• _DATA FOR THE TASK_
//! What the steps of a plan of the written files come to.

use kp_base::{Part, Place, Refused, Row, Stop};
use kp_plans::{plan_text, read_plan, strip};
use std::alloc::Global;

// The text of what the steps of a plan file come to.
fn stripped(alloc: Global, plan: &str) -> Result<Row<u8>, Stop> {
    if plan.len() > 1000 {
        return Err(Stop::Memory);
    }
    let steps = read_plan(alloc, plan.as_bytes())?;
    let actions = strip(alloc, &steps);
    drop(steps);
    let actions = actions?;
    Ok(plan_text(alloc, &actions)?)
}

// Whether a plan file comes to this text.
fn comes_to(alloc: Global, plan: &str, text: &str) -> bool {
    match stripped(alloc, plan) {
        Ok(found) => found.slice() == text.as_bytes(),
        Err(_) => false,
    }
}

// Whether a plan file is refused at this place.
fn is_refused_at(alloc: Global, plan: &str, place: Place) -> bool {
    match stripped(alloc, plan) {
        Err(Stop::Refused(Refused::PlanSyntax(found))) => found == place,
        _ => false,
    }
}

#[test]
fn plans_of_operators(rt: HostRuntime) {
    let table = [
        ("", ""),
        ("(do_-left)\n(do_-left)\n(merge_-0)\n", "(left)\n(left)\n"),
        ("(do_-go__to_-a__1)(merge_-0)", "(go_to a_1)\n"),
        ("(DO_-Left)(Merge_-10);(a)", "(left)\n"),
        ("(merge_-4095)", ""),
    ];
    for (plan, text) in table {
        assert!(rt; comes_to(rt.alloc(), plan, text), "{plan}");
    }
}

// The first step that is no operator's is refused at its name; a file that is no plan is refused at its token.
#[test]
fn other_steps(rt: HostRuntime) {
    let table = [
        ("(go_to)", 1, 1),
        ("(do_-a)\n\n(do_-a_b)(do_-)", 3, 10),
        ("(do_-)", 1, 1),
        ("(do_-a_)", 1, 1),
        ("(do_-a_-_-b)", 1, 1),
        ("(do_-a b)", 1, 1),
        ("(merge_-0 a)", 1, 1),
        ("(merge_-01)", 1, 1),
        ("(merge_-)", 1, 1),
        ("(merge_-1a)", 1, 1),
        ("; DO\n(DO_-A)\n(DO-A)", 3, 14),
        ("(a)(do_-a", 1, 9),
    ];
    for (plan, line, byte) in table {
        let place = Place {
            part: Part::Plan,
            line,
            byte,
        };
        assert!(rt; is_refused_at(rt.alloc(), plan, place), "{plan}");
    }
}
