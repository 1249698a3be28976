//! What only one of two texts has, in words: what it is, what it says, and where it leads.

use crate::difference::{box_text, word_of};
use crate::marks::Mark;
use std::alloc::{AllocError, Global};
use tocmark_event::event::{Event, Tag, TagEnd};

/// How many characters of a text a message shows.
pub const SHOWN: usize = 60;

/// How many bytes of words are gathered for a message, at least, and from how many events.
const GATHERED: (usize, usize) = (256, 200);

/// Whether words on both sides of a container's end belong apart.
pub fn ends_words(end: TagEnd) -> bool {
    match end {
        TagEnd::Emphasis
        | TagEnd::Strong
        | TagEnd::Strikethrough
        | TagEnd::Superscript
        | TagEnd::Subscript
        | TagEnd::Link
        | TagEnd::Image => false,
        _ => true,
    }
}

/// The words of a text that may differ are those in the source.
fn text_shown(mark: &Mark) -> &str {
    if mark.key.as_str().is_empty() {
        return mark.source.as_str();
    }
    mark.key.as_str()
}

/// Adds the words of an event; of a link definition its label.
pub fn push_words(words: &mut String, mark: &Mark) -> Result<(), AllocError> {
    match &mark.event {
        Event::Text(_) => words.push_str(text_shown(mark)),
        Event::Code(text) => words.push_str(text.as_ref()),
        Event::InlineMath(text) => words.push_str(text.as_ref()),
        Event::DisplayMath(text) => words.push_str(text.as_ref()),
        Event::Html(text) => words.push_str(text.as_ref()),
        Event::InlineHtml(text) => words.push_str(text.as_ref()),
        Event::FootnoteReference(label) => {
            words.push_str("[^")?;
            words.push_str(label.as_ref())?;
            words.push_str("]")
        }
        Event::TaskListMarker(is_done) => {
            words.push_str(box_text(*is_done))?;
            words.push_str(" ")
        }
        Event::Start(Tag::Link { id, .. }) if mark.is_definition => words.push_str(id.as_ref()),
        Event::SoftBreak => words.push_str(" "),
        Event::HardBreak => words.push_str(" "),
        Event::End(end) if ends_words(*end) => words.push_str(" "),
        _ => Ok(()),
    }
}

/// The first words of events.
fn first_words(alloc: Global, marks: &[Mark]) -> Result<String, AllocError> {
    let mut words = String::new(alloc);
    for mark in marks.iter().take(GATHERED.1) {
        push_words(&mut words, mark)?;
        if words.as_str().len() > GATHERED.0 {
            break;
        }
    }
    Ok(words)
}

/// A text without its white space.
pub fn without_white(alloc: Global, text: &str) -> Result<String, AllocError> {
    let mut rest = String::new(alloc);
    for c in text.chars() {
        if !c.is_whitespace() {
            rest.push(c)?;
        }
    }
    Ok(rest)
}

/// Adds a text between quotation marks, or the front of a long one.
fn push_quoted(phrase: &mut String, text: &str) -> Result<(), AllocError> {
    phrase.push_str("\"")?;
    match text.char_indices().nth(SHOWN) {
        Some((end, _)) => {
            phrase.push_str(text.get(..end).unwrap_or(text))?;
            phrase.push_str("...")?;
        }
        None => phrase.push_str(text)?,
    }
    phrase.push_str("\"")
}

/// Where a link or an image leads, after the word that says so.
fn destination_of(mark: &Mark) -> Option<(&'static str, &str)> {
    match &mark.event {
        Event::Start(Tag::Link { dest_url, .. }) => Some((" to \"", dest_url.as_ref())),
        Event::Start(Tag::Image { dest_url, .. }) => Some((" from \"", dest_url.as_ref())),
        _ => None,
    }
}

/// Whether an event is the start of a link or an image.
pub fn leads(mark: &Mark) -> bool {
    destination_of(mark).is_some()
}

/// What a thing is, and its text.
pub fn named(alloc: Global, what: &str, text: &str) -> Result<String, AllocError> {
    let mut phrase = String::from_str(alloc, what)?;
    let text = text.trim();
    if !text.is_empty() {
        phrase.push_str(" ")?;
        push_quoted(&mut phrase, text)?;
    }
    Ok(phrase)
}

/// What the first of these events is, which are those of a container if it starts one: its words, and where it leads. No
/// destination is cut, because nobody could see then where the link leads.
pub fn phrase_of(alloc: Global, first: &Mark, marks: &[Mark]) -> Result<String, AllocError> {
    let words = first_words(alloc, marks)?;
    let mut phrase = named(alloc, word_of(first), words.as_str())?;
    if let Some((way, destination)) = destination_of(first) {
        phrase.push_str(way)?;
        phrase.push_str(destination)?;
        phrase.push_str("\"")?;
    }
    Ok(phrase)
}
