/// Whether a line begins with a key of metadata, as MultiMarkdown and Pelican read them: words, and a colon with a blank after
/// it.
fn begins_key(line: &str) -> bool {
    match line.split_once(':') {
        Some((key, value)) => is_key(key.as_bytes()) && begins_blank(value),
        None => false,
    }
}

/// Whether a line is one tag of HTML or MDX.
fn is_lone_tag(line: &str) -> bool {
    let bytes = line.as_bytes();
    if bytes.first() != Some(&b'<') {
        return false;
    }
    let name = if bytes.starts_with(b"</") { 2 } else { 1 };
    let letters = bytes
        .iter()
        .skip(name)
        .take_while(|byte| byte.is_ascii_alphanumeric() || matches!(**byte, b'-' | b'.'))
        .count();
    let next = bytes.get(name.saturating_add(letters)).copied();
    letters > 0
        && matches!(next, Some(b'>' | b'/' | b' ' | b'\t'))
        && line.trim_end_matches(&[' ', '\t']).ends_with('>')
}

/// What is after the marker of an item, if a line begins with one.
fn after_marker(line: &str) -> Option<&str> {
    let rest = match line.as_bytes().first() {
        Some(b'-' | b'*' | b'+') => line.get(1..)?,
        Some(b'0'..=b'9') => {
            let number = line.trim_start_matches(&[
                '0', '1', '2', '3', '4', '5', '6', '7', '8', '9',
            ]);
            number.strip_prefix('.').or(number.strip_prefix(')'))?
        }
        _ => return None,
    };
    if begins_blank(rest) {
        Some(rest.trim_start_matches(&[' ', '\t']))
    } else {
        None
    }
}

/// Whether a text ends with the marker of an item.
pub(crate) fn ends_with_marker(text: &str) -> bool {
    let mut bytes = text.as_bytes().iter().rev().copied();
    match (bytes.next(), bytes.next()) {
        (Some(b'-' | b'*' | b'+'), None | Some(b' ' | b'\t' | b'>')) => true,
        (Some(b'.' | b')'), Some(before)) => before.is_ascii_digit(),
        _ => false,
    }
}

/// Whether a line has markers of items alone.
fn is_marker_alone(line: &str) -> bool {
    if !ends_with_marker(line.trim_end_matches(&[' ', '\t'])) {
        return false;
    }
    let mut inner = line;
    for _ in 0..line.len() {
        match after_marker(inner) {
            None => break,
            Some(rest) => inner = rest,
        }
    }
    inner.is_empty()
}

/// Whether a text begins with the box of a task.
fn begins_box(text: &str) -> bool {
    begins_with(text, &["[ ]", "[x]", "[X]"])
}

/// Whether the first line of a text is the box of a task alone. To GitHub it is text, if another line follows.
fn begins_with_lone_box(text: &str) -> bool {
    match text.split_once('\n') {
        Some((line, _)) => line.trim_end_matches(&[' ', '\t']).len() == 3 && begins_box(line),
        None => false,
    }
}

• _TASK TO COMPLETE_
Within the material above, the line with "if plan.len() >" opens the range and the line with "to this text." closes it; reproduce that range word for word.

• _SOLUTION TO THE PROBLEM_
    if plan.len() > 1000 {
        return Err(Stop::Memory);
    }
    let steps = read_plan(alloc, plan.as_bytes())?;
    let actions = strip(alloc, &steps);
    drop(steps);
    let actions = actions?;
    Ok(plan_text(alloc, &actions)?)
}

// Whether a plan file comes to this text.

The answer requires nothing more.